In your reply, restate all of the records below word for word.
Segment Start: Records supplied
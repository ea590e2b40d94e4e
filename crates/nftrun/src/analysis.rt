//! What can be met of a ruleset on a box.
ghost use Rattle.std.specs.Prelude.{◌≡◌, IfErr, IfOk};
ghost use Rattle.engine.specs.Judged.{JudgeRefuses};
ghost use Rattle.nftrun.specs.steps.Analyses.{IsChecked, Tells, Unanswered, fault_of};

use box_file::Plant;
use engine::RunFault;
use nft_parser::parse;
use program::ReachFault;
use reach_report::{ReachReport, report_of};
use rule_check::{Checked, check};
use rule_reach::ReachError;
use std::alloc::Global;

/// The limit of sets of packets: as many nodes have their diagrams at most.
pub(crate) const NODES: u32 = 1 << 23;

/// Checks a ruleset on a box, and tells what can be met of it; with `sets` also by which packets.
pub(crate) fn analyze(
    alloc: Global,
    rules: &[u8],
    network: &[u8],
    sets: bool,
) -> Result<ReachReport, ReachFault>
    ensures told { IfOk result (Tells rules.now network.now sets) }
    ensures refused { IfErr result (λ fault. Unanswered rules.now network.now fault) }
{
    let checked = checked(alloc, rules, network)?;
    match report_of(alloc, rules, &checked, NODES, sets) {
        Ok(report) => Ok(report),
        Err(error) => Err(fault_of(error)),
    }
}

/// Reads both texts and checks the ruleset on the box.
pub(crate) fn checked(alloc: Global, rules: &[u8], network: &[u8]) -> Result<Checked, RunFault>
    ensures fine { IfOk result (λ checked. IsChecked rules.now network.now checked) }
    ensures refused { IfErr result (λ fault. JudgeRefuses rules.now network.now fault) }
{
    let ruleset = parse(alloc, rules)?;
    let network = Plant::read(alloc, network)?;
    Ok(check(alloc, ruleset, network)?)
}

fn fault_of(error: ReachError) -> ReachFault
    ensures { result ≡ fault_of error }
{
    match error {
        ReachError::TooLarge | ReachError::TooDeep => ReachFault::TooLarge,
        ReachError::Memory => ReachFault::Fault(RunFault::Memory),
    }
}
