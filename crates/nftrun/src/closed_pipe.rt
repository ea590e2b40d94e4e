//! Notices when the reader of a pipe has gone.
use std::io;
use std::io::Write;

/// A writer that notices whether a write failed since nobody reads the pipe any more (EPIPE).
///
/// A call has the result of the inner writer's.
#[derive(Drop)]
pub(crate) struct PipeWriter<W> {
    inner: W,
    is_closed: bool,
}

impl<W> PipeWriter<W> {
    pub(crate) fn new(inner: W) -> Self {
        PipeWriter {
            inner,
            is_closed: false,
        }
    }

    pub(crate) fn is_closed(&self) -> bool {
        self.is_closed
    }

    /// Notices a closed pipe in the result of a call.
    fn note<T>(&mut self, answer: &io::Result<T>) {
        if is_closed_pipe(answer) {
            self.is_closed = true;
        }
    }
}

impl<W: Write> Write for PipeWriter<W> {
    fn write(&mut self, buf: &[u8]) -> io::Result<usize> {
        let answer = self.inner.write(buf);
        self.note(&answer);
        answer
    }

    fn flush(&mut self) -> io::Result<()> {
        let answer = self.inner.flush();
        self.note(&answer);
        answer
    }
}

/// Whether a call failed since the reader of a pipe has gone.
pub(crate) fn is_closed_pipe<T>(answer: &io::Result<T>) -> bool {
    match answer {
        Err(error) => matches!(error.kind(), io::ErrorKind::BrokenPipe),
        Ok(_) => false,
    }
}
Segment End: Records supplied
• Response area
repository ea590e2b40d94e4e
filename crates/nftrun/src/analysis.rt
//! What can be met of a ruleset on a box.
ghost use Rattle.std.specs.Prelude.{◌≡◌, IfErr, IfOk};
ghost use Rattle.engine.specs.Judged.{JudgeRefuses};
ghost use Rattle.nftrun.specs.steps.Analyses.{IsChecked, Tells, Unanswered, fault_of};

use box_file::Plant;
use engine::RunFault;
use nft_parser::parse;
use program::ReachFault;
use reach_report::{ReachReport, report_of};
use rule_check::{Checked, check};
use rule_reach::ReachError;
use std::alloc::Global;

/// The limit of sets of packets: as many nodes have their diagrams at most.
pub(crate) const NODES: u32 = 1 << 23;

/// Checks a ruleset on a box, and tells what can be met of it; with `sets` also by which packets.
pub(crate) fn analyze(
    alloc: Global,
    rules: &[u8],
    network: &[u8],
    sets: bool,
) -> Result<ReachReport, ReachFault>
    ensures told { IfOk result (Tells rules.now network.now sets) }
    ensures refused { IfErr result (λ fault. Unanswered rules.now network.now fault) }
{
    let checked = checked(alloc, rules, network)?;
    match report_of(alloc, rules, &checked, NODES, sets) {
        Ok(report) => Ok(report),
        Err(error) => Err(fault_of(error)),
    }
}

/// Reads both texts and checks the ruleset on the box.
pub(crate) fn checked(alloc: Global, rules: &[u8], network: &[u8]) -> Result<Checked, RunFault>
    ensures fine { IfOk result (λ checked. IsChecked rules.now network.now checked) }
    ensures refused { IfErr result (λ fault. JudgeRefuses rules.now network.now fault) }
{
    let ruleset = parse(alloc, rules)?;
    let network = Plant::read(alloc, network)?;
    Ok(check(alloc, ruleset, network)?)
}

fn fault_of(error: ReachError) -> ReachFault
    ensures { result ≡ fault_of error }
{
    match error {
        ReachError::TooLarge | ReachError::TooDeep => ReachFault::TooLarge,
        ReachError::Memory => ReachFault::Fault(RunFault::Memory),
    }
}
filename crates/nftrun/src/closed_pipe.rt
repository ea590e2b40d94e4e
//! Notices when the reader of a pipe has gone.
use std::io;
use std::io::Write;

/// A writer that notices whether a write failed since nobody reads the pipe any more (EPIPE).
///
/// A call has the result of the inner writer's.
#[derive(Drop)]
pub(crate) struct PipeWriter<W> {
    inner: W,
    is_closed: bool,
}

impl<W> PipeWriter<W> {
    pub(crate) fn new(inner: W) -> Self {
        PipeWriter {
            inner,
            is_closed: false,
        }
    }

    pub(crate) fn is_closed(&self) -> bool {
        self.is_closed
    }

    /// Notices a closed pipe in the result of a call.
    fn note<T>(&mut self, answer: &io::Result<T>) {
        if is_closed_pipe(answer) {
            self.is_closed = true;
        }
    }
}

impl<W: Write> Write for PipeWriter<W> {
    fn write(&mut self, buf: &[u8]) -> io::Result<usize> {
        let answer = self.inner.write(buf);
        self.note(&answer);
        answer
    }

    fn flush(&mut self) -> io::Result<()> {
        let answer = self.inner.flush();
        self.note(&answer);
        answer
    }
}

/// Whether a call failed since the reader of a pipe has gone.
pub(crate) fn is_closed_pipe<T>(answer: &io::Result<T>) -> bool {
    match answer {
        Err(error) => matches!(error.kind(), io::ErrorKind::BrokenPipe),
        Ok(_) => false,
    }
}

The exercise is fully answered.